I can almost hear the rage flowing across the internet to me:  How can you say anything bad about a Bill Cosby short? Bill F-ing Cosby.  Look, I get that he’s a national treasure and the face-popping and wow-faces are endearing; but are you telling me you enjoyed watching a grown man do a connect-the-dots for five minutes, and basically instruct you on how to do this task for a book no one owned?  If anyone can pull it off it’s Bill, but this is dry material, people.  At his best, he would throw himself into it:

“And so we’re drawing the bird house, see, go from one… to two [cue TRS-80 doople-doople-doople sound effect for the magic marker] to…anyone? That’s right…three! Now… we have… a bird house! And there’s the cat, Mr. Catimus Maximus, he’s down here saying, ‘Shnazzle-dazzle! I can’t get to the Bird!’ and the bird, Mr. Borderline B. BlueBird, says, ‘Shmackum-whackum! I’m in my house!’ [face pop]”

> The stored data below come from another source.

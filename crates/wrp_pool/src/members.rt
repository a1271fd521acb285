//! A set of junctions, in which a junction is found at once.
ghost use Rattle.std.specs.Prelude.{◌≡◌, ◌<◌, IfOk, OnOk};
ghost use Rattle.wrp_rules.specs.Sets.{is_in};
ghost use Rattle.wrp_pool.specs.Members.{none_of, with_member};

use std::alloc::{AllocError, Global};
use std::marker::Model;

/// Junctions below a number, each marked, in the order in which they were added. Contracts see the
/// number and the list.
#[derive(Debug, Drop)]
pub struct JunctionSet {
    marks: Vec<bool>,
    listed: Vec<u32>,
}

impl Model for JunctionSet {
    ghost use Rattle.std.specs.Prelude.{◌≡◌, ℕ, length, slice_index_or, false};
    ghost use Rattle.std.specs.List.{All};
    ghost use Rattle.std.specs.Prelude.{◌<◌};
    ghost use Rattle.wrp_rules.specs.Sets.{is_in};
    ghost use Rattle.wrp_pool.specs.Members.{Members};

    ghost Value = { Members };

    ghost view = { λ s. record { among = length s.marks.items; set = s.listed.items } };

    ghost invariant = { λ s. ((j : ℕ) → slice_index_or s.marks.items j false
        ≡ is_in s.listed.items j) × All (λ j. j < length s.marks.items) s.listed.items };
}

impl JunctionSet {
    /// No junction of so many.
    ///
    /// # Errors
    ///
    /// Want of memory alone.
    pub fn new(alloc: Global, among: usize) -> Result<JunctionSet, AllocError>
        ensures { IfOk result (λ set. set ≡ none_of among) }
    {
        Ok(JunctionSet {
            marks: vec![in alloc; false; among]?,
            listed: Vec::new(alloc),
        })
    }

    /// The number that all junctions are below.
    pub fn among(&self) -> usize
        ensures { result ≡ self.now.among }
    {
        self.marks.len()
    }

    /// Adds a junction.
    ///
    /// # Errors
    ///
    /// Want of memory alone.
    pub fn add(&mut self, junction: u32) -> Result<(), AllocError>
        requires { junction < self.old.among }
        ensures { OnOk result (self.new ≡ with_member self.old junction) }
    {
        self.listed.push(junction)?;
        self.marks[junction as usize] = true;
        Ok(())
    }

    /// Whether a junction is in the set.
    pub fn contains(&self, junction: u32) -> bool
        requires { junction < self.now.among }
        ensures { result ≡ is_in self.now.set junction }
    {
        self.marks[junction as usize]
    }

    /// Lends the junctions.
    pub fn as_slice(&self) -> &[u32]
        ensures { result.now ≡ self.now.set }
    {
        self.listed.as_slice()
    }

    /// Takes every junction out.
    pub fn clear(&mut self)
        ensures { self.new ≡ none_of self.old.among }
    {
        while let Some(junction) = self.listed.pop() {
            self.marks[junction as usize] = false;
        }
    }
}
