//! The arcs between a set of junctions and the others, found from the junctions of the set.
ghost use Rattle.std.specs.Prelude.{◌≡◌, ◌<◌, if◌then◌else◌, [], ◌∷◌, ◌++◌, length, OnOk};
ghost use Rattle.wrp_rules.specs.Sets.{is_in};
ghost use Rattle.std.specs.List.{flat_map};
ghost use Rattle.wrp_pool.specs.Cuts.{IsSetOf, leaving_star, entering_star, ones_on};

use crate::members::JunctionSet;
use std::alloc::AllocError;
use wrp_graph::Graph;

/// Adds an arc, where its far end is outside the set.
fn push_outside(
    set: &JunctionSet,
    far_end: u32,
    arc: u16,
    terms: &mut Vec<(u16, i32)>,
) -> Result<(), AllocError>
    requires { far_end < set.now.among }
    ensures { OnOk result (terms.new.items
        ≡ terms.old.items ++ ones_on (if is_in set.now.set far_end then [] else arc ∷ [])) }
{
    if !set.contains(far_end) {
        terms.push((arc, 1))?;
    }
    Ok(())
}

/// Adds the arcs that leave a junction for one outside the set.
#[tactic(auto, using(crate::proofs::Borders::out_below, wrp_town::proofs::TownLaws::few_streets))]
fn push_leaving(
    graph: &Graph<'_>,
    set: &JunctionSet,
    junction: u32,
    terms: &mut Vec<(u16, i32)>,
) -> Result<(), AllocError>
    requires there { junction < length graph.now.junctions }
    requires set { IsSetOf graph.now set.now }
    ensures { OnOk result (terms.new.items
        ≡ terms.old.items ++ ones_on (leaving_star graph.now set.now.set junction)) }
{
    for arc in graph.out_of(junction) {
        push_outside(set, graph.town().head(*arc), *arc as u16, terms)?;
    }
    Ok(())
}

/// Adds the arcs that enter a junction from one outside the set.
#[tactic(auto, using(crate::proofs::Borders::into_below, wrp_town::proofs::TownLaws::few_streets))]
fn push_entering(
    graph: &Graph<'_>,
    set: &JunctionSet,
    junction: u32,
    terms: &mut Vec<(u16, i32)>,
) -> Result<(), AllocError>
    requires there { junction < length graph.now.junctions }
    requires set { IsSetOf graph.now set.now }
    ensures { OnOk result (terms.new.items
        ≡ terms.old.items ++ ones_on (entering_star graph.now set.now.set junction)) }
{
    for arc in graph.into(junction) {
        push_outside(set, graph.town().tail(*arc), *arc as u16, terms)?;
    }
    Ok(())
}

/// Adds the arcs that leave the set.
pub(crate) fn push_outward(
    graph: &Graph<'_>,
    set: &JunctionSet,
    terms: &mut Vec<(u16, i32)>,
) -> Result<(), AllocError>
    requires { IsSetOf graph.now set.now }
    ensures { OnOk result (terms.new.items
        ≡ terms.old.items ++ ones_on (flat_map (leaving_star graph.now set.now.set) set.now.set)) }
{
    for junction in set.as_slice() {
        push_leaving(graph, set, *junction, terms)?;
    }
    Ok(())
}

/// Adds the arcs that enter the set.
pub(crate) fn push_inward(
    graph: &Graph<'_>,
    set: &JunctionSet,
    terms: &mut Vec<(u16, i32)>,
) -> Result<(), AllocError>
    requires { IsSetOf graph.now set.now }
    ensures { OnOk result (terms.new.items
        ≡ terms.old.items ++ ones_on (flat_map (entering_star graph.now set.now.set) set.now.set)) }
{
    for junction in set.as_slice() {
        push_entering(graph, set, *junction, terms)?;
    }
    Ok(())
}
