//! A run of dual simplex steps.

ghost use Rattle.std.specs.Prelude.{◌≡◌, ◌≤◌, ◌^◌, unsigned_abs, [], length, IfOk};
ghost use Rattle.wrp_tableau.specs.Starts.{IsLine};
ghost use Rattle.wrp_tableau.specs.Kept.{system};
ghost use Rattle.wrp_simplex.specs.Steps.{IsDualFeasible};
ghost use Rattle.wrp_simplex.specs.Ends.{EndsSo};
ghost use Rattle.wrp_simplex.specs.Runs.{IsRunFrom};

use crate::end::RunEnd;
use crate::entering::entering_column;
use crate::leaving::leaving_row;
use std::alloc::AllocError;
use wrp_tableau::{PivotFault, Tableau};

/// Does dual simplex steps, at most `limit`, and lists them. Tells why there is no further one.
///
/// # Errors
///
/// Want of memory. The steps so far are done and listed then, too.
pub fn run(
    tableau: &mut Tableau,
    limit: u32,
    taken: &mut Vec<(u32, u32)>,
) -> Result<RunEnd, AllocError>
    requires empty { taken.old.items ≡ [] }
    requires dual { IsDualFeasible (system tableau.old) }
    ensures run { IsRunFrom (system tableau.old) taken.new.items (system tableau.new) }
    ensures within { length taken.new.items ≤ limit }
    ensures end { IfOk result (λ end.
        EndsSo (system tableau.new) limit (length taken.new.items) end) }
{
    let rows = tableau.rows();
    let mut steps: u32 = 0;
    while steps < limit {
        let Some(row) = leaving_row(tableau, rows, steps) else {
            return Ok(RunEnd::Optimal);
        };
        let Some(column) = entering_column(tableau, row) else {
            return Ok(RunEnd::Empty { row });
        };
        taken.push((row, column))?;
        if let Err(fault) = tableau.pivot(row, column) {
            taken.pop();
            return match fault {
                PivotFault::Wide => Ok(RunEnd::Wide),
                PivotFault::Memory => Err(AllocError),
            };
        }
        steps += 1;
    }
    match leaving_row(tableau, rows, steps) {
        None => Ok(RunEnd::Optimal),
        Some(_) => Ok(RunEnd::Pivots),
    }
}

#[cfg(test)]
mod tests {
    use super::run;
    use crate::end::RunEnd;
    use std::alloc::{AllocError, Global};
    use std::test::Fail;
    use wrp_tableau::{Line, Tableau};
    use wrp_town::List;

    // The line `a * x + b * y >= rhs`.
    fn line(alloc: Global, a: i128, b: i128, rhs: i128) -> Result<Line, AllocError>
        requires a { unsigned_abs a ≤ 2 ^ 60 }
        requires b { unsigned_abs b ≤ 2 ^ 60 }
        requires rhs { unsigned_abs rhs ≤ 2 ^ 60 }
        ensures { IfOk result (λ line. IsLine 2 line) }
    {
        let coefs = List::from_vec(vec![in alloc; a, b]?);
        Ok(Line { coefs, rhs })
    }

    // The tableau of two lines, with the cost 1 for each variable.
    fn tableau(alloc: Global, first: Line, second: Line) -> Result<Tableau, AllocError>
        requires first { IsLine 2 first }
        requires second { IsLine 2 second }
        ensures { IfOk result (λ t. IsDualFeasible (system t)) }
    {
        let lines = vec![in alloc; first, second]?;
        let tableau = Tableau::start(alloc, 2, lines.as_slice(), [1, 1].as_slice())?;
        Ok(tableau)
    }

    #[test]
    fn one_step_mends_both_rows(rt: HostRuntime) -> Result<(), Fail> {
        let alloc = rt.alloc();
        let mut tableau = tableau(alloc, line(alloc, 1, 0, 1)?, line(alloc, 1, 2, 1)?)?;
        let mut taken = Vec::new(alloc);
        assert!(rt; run(&mut tableau, 10, &mut taken)? == RunEnd::Optimal);
        assert_eq!(rt; taken.as_slice(), [(0, 0)].as_slice());
        assert!(rt; tableau.value() == 1);
        Ok(())
    }

    #[test]
    fn the_cheapest_column_enters(rt: HostRuntime) -> Result<(), Fail> {
        let alloc = rt.alloc();
        let mut tableau = tableau(alloc, line(alloc, 1, 0, 1)?, line(alloc, 1, 2, 3)?)?;
        let mut taken = Vec::new(alloc);
        assert!(rt; run(&mut tableau, 10, &mut taken)? == RunEnd::Optimal);
        assert_eq!(rt; taken.as_slice(), [(1, 1), (0, 0)].as_slice());
        Ok(())
    }

    #[test]
    fn a_line_without_solutions_is_stuck(rt: HostRuntime) -> Result<(), Fail> {
        let alloc = rt.alloc();
        let mut tableau = tableau(alloc, line(alloc, 1, 0, 1)?, line(alloc, -1, 0, 1)?)?;
        let mut taken = Vec::new(alloc);
        assert!(rt; run(&mut tableau, 10, &mut taken)? == RunEnd::Empty { row: 1 });
        assert_eq!(rt; taken.as_slice(), [(0, 0)].as_slice());
        Ok(())
    }

    #[test]
    fn no_steps_within_a_limit_of_none(rt: HostRuntime) -> Result<(), Fail> {
        let alloc = rt.alloc();
        let mut tableau = tableau(alloc, line(alloc, 1, 0, 1)?, line(alloc, 1, 2, 1)?)?;
        let mut taken = Vec::new(alloc);
        assert!(rt; run(&mut tableau, 0, &mut taken)? == RunEnd::Pivots);
        assert!(rt; taken.is_empty());
        Ok(())
    }

    #[test]
    fn large_entries_are_refused(rt: HostRuntime) -> Result<(), Fail> {
        let alloc = rt.alloc();
        let first = line(alloc, (1 << 40) + 1, 1, 2)?;
        let second = line(alloc, 1, (1 << 40) + 3, 1)?;
        let mut tableau = tableau(alloc, first, second)?;
        let mut taken = Vec::new(alloc);
        assert!(rt; run(&mut tableau, 10, &mut taken)? == RunEnd::Wide);
        assert!(rt; taken.is_empty());
        Ok(())
    }
}
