//! Laws over tours and the records of a proof: what the counts of a tour sum to, which rows every
//! tour meets, and what a valid list of records says of every tour.
//!
//! Each function here does nothing: its clauses are the laws.
#![tactic(auto)]

ghost use Rattle.std.specs.Prelude.{◌≡◌, ◌<◌, true, ℕ, ℤ, pos, ◌≤ℤ◌, ◌-ℤ◌, ◌↔◌, List, slice_index, ◌+◌, ◌*◌, ◌^◌, ◌≤◌, length, Bool, None, Some, is_none};
ghost use Rattle.std.specs.List.{list_all, All, count_by};
ghost use Rattle.wrp_sums.specs.Sums.{sum_over};
ghost use Rattle.wrp_town.specs.declared.town.Town.{Town};
ghost use Rattle.wrp_town.specs.declared.street.Step.{Step};
ghost use Rattle.wrp_town.specs.Arcs.{is_legal, cost_or_zero, arc_of, demands, legal_arcs};
ghost use Rattle.wrp_town.specs.Walks.{is_closed_walk, is_tour, walk_cost, count_of, HasNoTour};
ghost use Rattle.wrp_graph.specs.Balances.{leaving, entering};
ghost use Rattle.wrp_rules.specs.declared.record.Record.{Record};
ghost use Rattle.wrp_rules.specs.declared.record.End.{End};
ghost use Rattle.wrp_rules.specs.Rows.{balance_row, base_rows, row_at};
ghost use Rattle.wrp_rules.specs.Nodes.{standing, Standing, lower, node_at};
ghost use Rattle.wrp_rules.specs.Lists.{is_valid, agrees};
ghost use Rattle.wrp_rules.specs.Proofs.{Version, IsProofBy};
ghost use Rattle.wrp_laws.specs.Ends.{EndHolds};
ghost use Rattle.wrp_laws.specs.Meets.{sum_of_counts, sum_of_uses, MeetsRow};
ghost use Rattle.wrp_rules.specs.declared.record.Record.TheVariants.{Labels};
ghost use Rattle.wrp_rules.specs.Rules.{broken_rule};
ghost use Rattle.wrp_laws.specs.Boxes.{IsPartition};
ghost use Rattle.wrp_laws.specs.Sides.{goes_out, comes_in, goes_over};
ghost use Rattle.wrp_laws.specs.Points.{IsPointOf, price};

/// A sum over the legal arcs, each as often as the steps use it, is the sum over the steps.
pub fn arcs_sum_as_steps()
    ensures { (town : Town) (f : ℕ → ℤ) (steps : List Step)
        → list_all (λ step. is_legal town (arc_of step)) steps ≡ true
        → sum_of_uses town steps f ≡ sum_over (λ step. f (arc_of step)) steps }
{}

/// A balance row sums to what leaves its junction less what enters it: to 0 exactly where the
/// counts are balanced there.
pub fn balance_rows_compare_stars()
    ensures difference { (town : Town) (counts : List ℕ) (junction : ℕ)
        → sum_of_counts town (slice_index counts) (balance_row town junction).coef
        ≡ pos (leaving town counts junction) -ℤ pos (entering town counts junction) }
    ensures balanced { (town : Town) (counts : List ℕ) (junction : ℕ)
        → (leaving town counts junction ≡ entering town counts junction)
        ↔ (sum_of_counts town (slice_index counts) (balance_row town junction).coef ≡ pos 0) }
{}

/// A tour meets each balance row, with equality, and each service row, and its cost is that of the
/// arcs that it uses.
pub fn tours_meet_the_base_rows()
    ensures meets { (town : Town) (steps : List Step) (i : ℕ) → is_tour town steps ≡ true
        → MeetsRow town steps (row_at (base_rows town) i) }
    ensures balances { (town : Town) (junction : ℕ) (steps : List Step)
        → is_closed_walk town steps ≡ true
        → sum_of_uses town steps (balance_row town junction).coef ≡ pos 0 }
    ensures costs { (town : Town) (steps : List Step) → is_closed_walk town steps ≡ true
        → sum_of_uses town steps (λ arc. pos (cost_or_zero town arc)) ≡ pos (walk_cost town steps) }
{}

/// For every tour there is one that isn't dearer and uses each arc at most as often as there are
/// demands.
pub fn each_arc_as_often_as_demands()
    ensures { (town : Town) (steps : List Step) → is_tour town steps ≡ true
        → (other : List Step) × (is_tour town other ≡ true)
        × (walk_cost town other ≤ walk_cost town steps)
        × ((arc : ℕ) → count_of other arc ≤ length (demands town)) }
{}

/// A closed walk leaves each set of junctions as often as it enters it, so it crosses the border an
/// even number of times.
pub fn closed_walks_cross_evenly()
    ensures leaves { (town : Town) (set : ℕ → Bool) (steps : List Step)
        → is_closed_walk town steps ≡ true
        → count_by (λ step. goes_out town set (arc_of step)) steps
        ≡ count_by (λ step. comes_in town set (arc_of step)) steps }
    ensures crosses { (town : Town) (set : ℕ → Bool) (steps : List Step)
        → is_closed_walk town steps ≡ true
        → count_by (λ step. goes_over town set (arc_of step)) steps
        ≡ 2 * count_by (λ step. goes_out town set (arc_of step)) steps }
{}

/// Every tour meets every row of a valid list: base rows, and those of connectivity, odd, rounding
/// and K-C cuts.
pub fn tours_meet_the_cuts()
    ensures { (town : Town) (records : List Record) (steps : List Step)
        → is_valid town records ≡ true → is_tour town steps ≡ true
        → All (MeetsRow town steps) (standing town records).rows }
{}

/// The boxes of the unsplit nodes of a valid list part the box of the root.
pub fn boxes_cover_the_root()
    ensures { (town : Town) (records : List Record) → is_valid town records ≡ true
        → IsPartition town (standing town records) }
{}

/// A valid list has at most `2 * (m + 1) ^ a - 1` nodes, for m demands and a legal arcs.
pub fn nodes_are_few()
    ensures { (town : Town) (records : List Record) → is_valid town records ≡ true
        → length (standing town records).nodes + 1
        ≤ 2 * (length (demands town) + 1) ^ length (legal_arcs town) }
{}

/// Over a valid list every tour costs at least `lower`; where `lower` is none, there is no tour.
pub fn lower_bounds_tours()
    ensures bounds { (town : Town) (records : List Record) (low : ℤ) (steps : List Step)
        → is_valid town records ≡ true → lower (standing town records) ≡ Some low
        → is_tour town steps ≡ true → low ≤ℤ pos (walk_cost town steps) }
    ensures none { (town : Town) (records : List Record) → is_valid town records ≡ true
        → lower (standing town records) ≡ None → HasNoTour town }
{}

/// Where a Labels record keeps its rules, there is no tour.
pub fn labels_exclude_tours()
    ensures { (town : Town) (s : Standing) (labels streets : List ℕ)
        → is_none (broken_rule town s (Labels labels streets)) ≡ true → HasNoTour town }
{}

/// The end that agrees with a valid list holds, and so does that of a proof, whatever its records.
pub fn ends_hold()
    ensures lists { (town : Town) (records : List Record) (end : End)
        → is_valid town records ≡ true → agrees (standing town records) end ≡ true
        → EndHolds town end }
    ensures proofs { (town : Town) (version : Version) (records : List Record) (end : End)
        (bytes : List ℕ) → IsProofBy town version records end bytes → EndHolds town end }
{}

/// Numbers over a denominator that lie in a node's box and meet every row cost, rounded up, at
/// least the node's bound.
pub fn points_cost_the_bound()
    ensures { (town : Town) (records : List Record) (i e : ℕ) (x : ℕ → ℕ)
        → is_valid town records ≡ true → i < length (standing town records).nodes
        → IsPointOf town (standing town records).rows (node_at town (standing town records) i) e x
        → (node_at town (standing town records) i).bound ≤ℤ price town e x }
{}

He tried so hard to make this exciting, despite probably filming 800 of these damn shorts in a single 24-hour period.  At least that’s how they came across:

[and tell me at 2:52 Bill was not high]

He and little Mortimer Marker didn’t only do connect the dots; apparently that was too complicated for kids.  So, they had kids draw lines to a happy earth and a sad, garbage-filled earth.

My train of thought as I watch this:
Hey! That’s one psychedelic fez Bill is wearing.  He’s like Doctor Who – fezes are cool!  Oh, it’s a dunce cap.  That’s disappointing.  Camille! OMG! The famous Camille.  She’s so pretty! She looks a little like a cross between Lisa Bonet and Maya Rudolph.  That’s kind of weird…wow, that’s some uninspired line-reading there.  I wonder if they film this in their basement.  Aw, he loves her. How cute.  Okay, maybe she doesn’t look like Lisa Bonet so much… oh my God, I’m eagerly anticipating the Mortimer sound…I wanted that marker so bad as a stocking stuffer.  Yeah, they don’t even care at this point – with pages like J-5 and Uu-1, how many picture pages were there anyway?  I bet they did these all back to back, and when they started botching lines they were like “f- it, the kids don’t give a shit, they’re probably eating their crayons right now anyway.”  Of course they wouldn’t really say that, because Bill Cosby doesn’t curse…I bet page Zy-43 broke his soul. I want to see that outtake.  Not that I relish in Bill Cosby’s broken soul – that’s pretty f-ing un-American – I just want to know how much worse these can get, because they are close to rock bottom right now…it’s kind of like when your least-stable relative is trying to keep their shit together at Thanksgiving and they’re like, “I’m happy! Everyone is happy!” and they’re just itching to run out of the dining room to smoke five packs of Camels on the patio…I bet they brought in Camille at last minute to help Bill “get through” this last stretch.  I can’t believe we make fun of Asian TV shows.  There’s a dude in Kyoto right now laughing his ass off at this, wondering why American programming is so weird…There’s a top comment on YouTube saying “the generation today needs programs like this.”  That is such a YouTube comment.

All that said, if someone could auto-tune this, I think it would be the most awesome thing ever.  Just saying. I have a submissions email, you know.